We can't be certain that he or she was actually from a release, but I hope that someday Dove/Pigeon Releases will be monitored ~ especially in New York. 
Creatures have enough trouble without people exploiting them. I feel it's very sad that some people make their living using birds as nothing more than objects.

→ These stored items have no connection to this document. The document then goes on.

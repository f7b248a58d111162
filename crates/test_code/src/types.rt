//! The meanings of letters and of words of digits.

use ctypes::IntType;
use test_rows::{Words, decimal};

/// The type that a letter denotes.
pub fn int_type(letter: u8) -> IntType {
    match letter {
        b'b' => IntType::Bool,
        b'c' => IntType::Char,
        b'a' => IntType::SChar,
        b'h' => IntType::UChar,
        b's' => IntType::Short,
        b't' => IntType::UShort,
        b'j' => IntType::UInt,
        b'l' => IntType::Long,
        b'm' => IntType::ULong,
        _ => IntType::Int,
    }
}

/// The first byte of a word, or 0.
pub fn letter_of(word: &[u8]) -> u8 {
    match word {
        [letter, ..] => *letter,
        [] => 0,
    }
}

/// The number in a word, whatever letter precedes it.
pub fn place_of(word: &[u8]) -> usize {
    usize::try_from(decimal(word)).unwrap_or(0)
}

/// The word of a number, which may be negative.
pub fn constant(digits: &[u8]) -> u32 {
    let value = decimal(digits);
    match u32::try_from(value) {
        Ok(word) => word,
        Err(_) => 0u32.wrapping_sub(u32::try_from(0i64.wrapping_sub(value)).unwrap_or(0)),
    }
}

/// The next word's letter.
pub fn next_letter(words: &mut Words<'_>) -> u8 {
    letter_of(words.word())
}

/// The next word's number.
pub fn next_place(words: &mut Words<'_>) -> usize {
    place_of(words.word())
}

Releasing untrained birds to get lost, & possibly starve to death, is a sin.
If these people have two brain cells to rub together, they have to realize it's the wrong thing to do! As for people who intentionally abuse animals, I always ask God to please remove them from here as soon as possible. If they are gone, they can never harm another innocent creature. I better stop now.

May God bless you.

Phyll


----------



## Feefo (Feb 8, 2002)

> Cynthia,
> Can you tell me what you know about Brewers Yeast and aspergillosis? Is it that the Brewers Yeast could contain the fungus?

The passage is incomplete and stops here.